Security logs are fundamentally different. They're not semantic, they're anomaly-focused, and you need surrounding context to derive meaning. RAG and chunking don't help when the needle could be anywhere in the haystack.
Generic agents are harder to manage. Giving control to the LLM produces better investigations but creates arbitrary conversation lengths with unpredictable tool usage. You can't pre-optimize for specific flows.
LLM-assisted optimization is powerful. Using an LLM coding tool to hill-climb toward an optimal solution through test cases proved surprisingly effective for hairy estimation problems. We'll definitely be applying this pattern elsewhere.
If you're building AI agents for security... or any domain with verbose, anomaly-driven data... traditional context management won't cut it.

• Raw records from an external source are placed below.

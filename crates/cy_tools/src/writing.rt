// Writes the record of the messages that are kept.
ghost use Rattle.std.specs.Prelude.{◌≡◌, ◌<◌, ℕ, Some, length, map, slice_get, IfOk, IsErrOf};
ghost use Rattle.std.specs.Prelude.{IsOkUnless};
ghost use Rattle.cy_store.specs.Store.{HasWriteCauses};
ghost use Rattle.cy_writer.specs.Record.{channel_shown, channels_shown};
ghost use Rattle.cy_writer.specs.Writes.{Makes};
ghost use Rattle.cy_tools.specs.Kept.{channel_at, kept_writes};
ghost use Rattle.cy_tools.specs.private.Keeping.{IsReady, all_kept};
ghost use Rattle.cy_tools.specs.private.Giving.{IsNumbering, WritesKept};

use crate::kept::Kept;
use crate::messages::KeptMessages;
use crate::numbering::Numbering;
use cy_reader::Loaded;
use cy_store::Store;
use cy_writer::{ChannelRef, WriteError, write_record};
use std::alloc::Global;

// A channel of a record, as it is written.
fn written_channel<'a>(loaded: &Loaded<'a>, number: u32) -> ChannelRef<'a>
    requires { number < length loaded.now.channels }
    ensures { channel_shown result ≡ channel_at loaded.now.channels number }
{
    let channel = loaded.channel(number);
    ChannelRef {
        name: channel.name.as_str(),
        message_type: channel.message_type.as_str(),
        proto_desc: channel.proto_desc.as_slice(),
    }
}

// Channels of a record, as they are written.
fn written_channels<'a>(
    alloc: Global,
    loaded: &Loaded<'a>,
    numbers: &[u32],
) -> Result<Vec<ChannelRef<'a>>, WriteError>
    requires { (n c : ℕ) → slice_get numbers.now n ≡ Some c → c < length loaded.now.channels }
    ensures channels { IfOk result (λ v. channels_shown v.items
        ≡ map (channel_at loaded.now.channels) numbers.now) }
    ensures only_memory { IsOkUnless result WriteError.Memory }
{
    let mut written = Vec::with_capacity(alloc, numbers.len())?;
    for number in numbers {
        written.push(written_channel(loaded, *number))?;
    }
    Ok(written)
}

// Writes messages whose channels have this order.
fn write_numbered<S: Store>(
    alloc: Global,
    store: &mut S,
    name: &str,
    kept: &Kept<'_>,
    numbering: &Numbering,
) -> Result<(), WriteError>
    requires ready { IsReady kept.now }
    requires numbering { IsNumbering kept.now numbering.now }
    ensures makes { Makes (kept_writes name.now kept.now.loaded (all_kept kept.now))
        (S.shows store.old) (S.shows store.new) result }
    ensures unbroken { IsErrOf result WriteError.Broken → ⊥ }
    ensures causes { HasWriteCauses (IsErrOf result WriteError.Failed) (S.shows store.old)
        (S.shows store.new) }
{
    let written = written_channels(alloc, &kept.loaded, numbering.order.numbers())?;
    let messages = KeptMessages::new(kept, &numbering.order);
    write_record(alloc, store, name, &written, messages)
}

// Writes the record of the messages that are kept into the file of a name, and answers how many
// they are. It takes its own memory before it makes the file.
pub(crate) fn write_kept<S: Store>(
    alloc: Global,
    store: &mut S,
    name: &str,
    kept: &Kept<'_>,
) -> Result<u32, WriteError>
    requires { IsReady kept.now }
    ensures { WritesKept name.now kept.now (S.shows store.old) (S.shows store.new) result }
{
    let numbering = Numbering::of(alloc, kept)?;
    write_numbered(alloc, store, name, kept, &numbering)?;
    Ok(numbering.count)
}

You need to measure fast, prune conservatively, and design for the fact that the LLM is in control, not you.
Cotool is a platform for building custom security AI agents. If you're dealing with alert fatigue and want to explore agentic automation, reach out.
Glossary
AI SDK: A software development kit (in this case, from Vercel) that provides standardized interfaces for working with different LLM providers and managing conversation flows, including tool calls and responses.
Chain-of-Thought: A reasoning technique where models explicitly show their thinking process step-by-step before arriving at conclusions, improving logical reasoning and transparency.

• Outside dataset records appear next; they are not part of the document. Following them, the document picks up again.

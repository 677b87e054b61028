// Writes the index.
ghost use Rattle.std.specs.Prelude.{◌≡◌, ◌++◌, IfOk, OnOk, IsOkUnless, OnErr};
ghost use Rattle.cy_wire.specs.Wire.{field_bytes};
ghost use Rattle.cy_section.specs.Section.{section, optional_field, channel_cache_body};
ghost use Rattle.cy_section.specs.Section.{chunk_header_cache_body, chunk_body_cache_body};
ghost use Rattle.cy_section.specs.Section.{entry_field, index_body};
ghost use Rattle.cy_section.specs.declared.types.SectionKind.TheVariants as kind;

use crate::head_bytes::{no_memory, put_section};
use crate::put::number_fields;
use crate::{
    ChannelCache, ChunkBodyCache, ChunkHeaderCache, Index, IndexEntry, Piece, SectionError,
    SectionKind,
};
use cy_wire::{WireError, Writer};
use std::alloc::Global;

/// Writes what an entry keeps of a channel, if it keeps one.
#[tactic(auto, unfolding(crate::specs::Section::channel_cache_body))]
fn channel_cache(
    alloc: Global,
    to: &mut Writer,
    value: &Option<ChannelCache>,
) -> Result<(), WireError>
    ensures ok { OnOk result (to.new ≡ to.old ++ optional_field 101 channel_cache_body value.now) }
    ensures only_memory { IsOkUnless result WireError.Memory }
{
    let Some(cache) = value else {
        return Ok(());
    };
    let mut body = Writer::new(alloc);
    body.field_u64(1, cache.message_number)?;
    body.field_bytes(2, cache.name.as_str().as_bytes())?;
    body.field_bytes(3, cache.message_type.as_str().as_bytes())?;
    body.field_bytes(4, cache.proto_desc.as_slice())?;
    to.field_bytes(101, body.done())
}

/// Writes what an entry keeps of a chunk's header, if it keeps one.
#[tactic(auto, unfolding(crate::specs::Section::chunk_header_cache_body))]
fn chunk_header_cache(
    alloc: Global,
    to: &mut Writer,
    value: &Option<ChunkHeaderCache>,
) -> Result<(), WireError>
    ensures ok { OnOk result (to.new ≡ to.old
        ++ optional_field 102 chunk_header_cache_body value.now) }
    ensures only_memory { IsOkUnless result WireError.Memory }
{
    let Some(cache) = value else {
        return Ok(());
    };
    let body = number_fields(alloc, &cache.fields())?;
    to.field_bytes(102, body.done())
}

/// Writes what an entry keeps of a chunk's body, if it keeps one.
#[tactic(auto, unfolding(crate::specs::Section::chunk_body_cache_body))]
fn chunk_body_cache(
    alloc: Global,
    to: &mut Writer,
    value: &Option<ChunkBodyCache>,
) -> Result<(), WireError>
    ensures ok { OnOk result (to.new ≡ to.old
        ++ optional_field 103 chunk_body_cache_body value.now) }
    ensures only_memory { IsOkUnless result WireError.Memory }
{
    let Some(cache) = value else {
        return Ok(());
    };
    let body = number_fields(alloc, &cache.fields())?;
    to.field_bytes(103, body.done())
}

/// The fields of an entry.
#[tactic(auto, unfolding(crate::specs::Section::entry_field))]
fn entry_fields(alloc: Global, entry: &IndexEntry) -> Result<Writer, WireError>
    ensures ok { IfOk result (λ w. field_bytes 1 w ≡ entry_field entry.now) }
    ensures only_memory { IsOkUnless result WireError.Memory }
{
    let mut body = Writer::new(alloc);
    body.field_u64(1, u64::from(entry.kind))?;
    body.field_u64(2, entry.position)?;
    channel_cache(alloc, &mut body, &entry.channel_cache)?;
    chunk_header_cache(alloc, &mut body, &entry.chunk_header_cache)?;
    chunk_body_cache(alloc, &mut body, &entry.chunk_body_cache)?;
    Ok(body)
}

/// The body of an index with these entries.
fn index_fields(alloc: Global, entries: &[IndexEntry]) -> Result<Writer, WireError>
    ensures ok { IfOk result (λ w. w ≡ index_body entries.now) }
    ensures only_memory { IsOkUnless result WireError.Memory }
{
    let mut body = Writer::new(alloc);
    for entry in entries {
        let fields = entry_fields(alloc, entry)?;
        body.field_bytes(1, fields.done())?;
    }
    Ok(body)
}

/// Appends the index. Want of memory changes nothing.
pub fn put_index(to: &mut Piece, value: &Index) -> Result<(), SectionError>
    ensures ok { OnOk result (to.new ≡ to.old ++ section kind.Index
        (index_body value.now.entries)) }
    ensures err { OnErr result (to.new ≡ to.old) }
    ensures only_memory { IsOkUnless result SectionError.Memory }
{
    let body = index_fields(to.alloc(), value.entries.as_slice()).map_err(no_memory)?;
    put_section(to, SectionKind::Index, body.done())
}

Chunking: The practice of breaking large documents or data into smaller pieces that fit within context limits, typically used in RAG systems.
Context Window: The maximum amount of text (measured in tokens) that an LLM can process in a single request, including both input and output. Different models have different limits (e.g., 128K, 1M tokens).

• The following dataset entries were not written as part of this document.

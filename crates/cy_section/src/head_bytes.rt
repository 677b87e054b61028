// Writes a section's head, and a section whose body stands as bytes.
ghost use Rattle.std.specs.Prelude.{◌≡◌, ◌+◌, ◌≤◌, ◌++◌, length, take, drop, OnOk, OnErr};
ghost use Rattle.std.specs.Prelude.{IsOkUnless};
ghost use Rattle.cy_section.specs.Section.{head_bytes, section};

use crate::{HEAD_SIZE, Piece, SectionError, SectionKind};
use byteorder::{ByteOrder, LittleEndian};
use cy_wire::WireError;

/// The head of a section of this kind, whose body has so many bytes.
pub(crate) fn head_of(kind: SectionKind, size: u64) -> [u8; 16]
    ensures { result ≡ head_bytes kind size }
{
    let mut head = [0; 16];
    LittleEndian::write_u32(&mut head, kind.number());
    LittleEndian::write_u64(&mut head[8..], size);
    head
}

/// A body that could not be written: there was no memory.
pub(crate) fn no_memory(_: WireError) -> SectionError
    ensures { result ≡ SectionError.Memory }
{
    SectionError::Memory
}

/// Appends the head of a section of this kind, whose body has so many bytes. Want of memory changes
/// nothing.
pub fn put_head(to: &mut Piece, kind: SectionKind, size: u64) -> Result<(), SectionError>
    ensures ok { OnOk result (to.new ≡ to.old ++ head_bytes kind size) }
    ensures err { OnErr result (to.new ≡ to.old) }
    ensures only_memory { IsOkUnless result SectionError.Memory }
{
    to.append(&head_of(kind, size), &[])
}

/// Writes the head of a section of this kind over 16 bytes from a place on, in place: what stands
/// behind them is its body.
pub(crate) fn set_head_at(piece: &mut Piece, start: usize, kind: SectionKind)
    requires { start + 16 ≤ length piece.old }
    ensures { piece.new ≡ take start piece.old ++ section kind (drop (start + 16) piece.old) }
{
    let size = piece.bytes().len() - start - HEAD_SIZE;
    piece.overwrite(start, &head_of(kind, size as u64));
}

/// Writes the head of a section of this kind over the first 16 bytes, in place: what stands behind
/// them is the section's body. It takes no memory.
pub fn set_head(piece: &mut Piece, kind: SectionKind)
    requires { 16 ≤ length piece.old }
    ensures { piece.new ≡ section kind (drop 16 piece.old) }
{
    set_head_at(piece, 0, kind);
}

/// Appends a section of this kind with this body. Want of memory changes nothing.
#[tactic(auto, unfolding(crate::specs::Section::section))]
pub(crate) fn put_section(
    to: &mut Piece,
    kind: SectionKind,
    body: &[u8],
) -> Result<(), SectionError>
    ensures ok { OnOk result (to.new ≡ to.old ++ section kind body.now) }
    ensures err { OnErr result (to.new ≡ to.old) }
    ensures only_memory { IsOkUnless result SectionError.Memory }
{
    to.append(&head_of(kind, body.len() as u64), body)
}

Context Rot: The degradation in model performance that occurs when context windows become too full, causing the model to lose track of earlier information or make errors.
Extended Thinking / Reasoning Blocks: Features in some models (like Anthropic's Claude) where the model performs internal reasoning that can be preserved in the conversation but may have special requirements for message structure.
RAG (Retrieval-Augmented Generation): A technique where relevant information is retrieved from a knowledge base and injected into an LLM's context to answer questions, typically using semantic search.
Semantic Search: A search technique that finds information based on meaning and context rather than exact keyword matching, often using embeddings to compare similarity.
Sliding Window: A context management technique that maintains a fixed-size "window" of recent messages by removing older messages as new ones are added.
Time to First Token (TTFT): The latency between sending a request to an LLM and receiving the first token of its response, a key metric for user experience.
Token / Tokenization: The process of breaking text into smaller units (tokens) that LLMs process. A token is roughly 4 characters or ¾ of a word. Token count determines context usage and API costs.
Tokenizer: The algorithm or tool that converts text into tokens. Different model providers use different tokenizers (e.g., Tiktoken for OpenAI), which can produce different token counts for the same text.
Tool Call: When an LLM requests to execute a specific function or API (like querying a database), including the function name and arguments. The result comes back as a "tool result."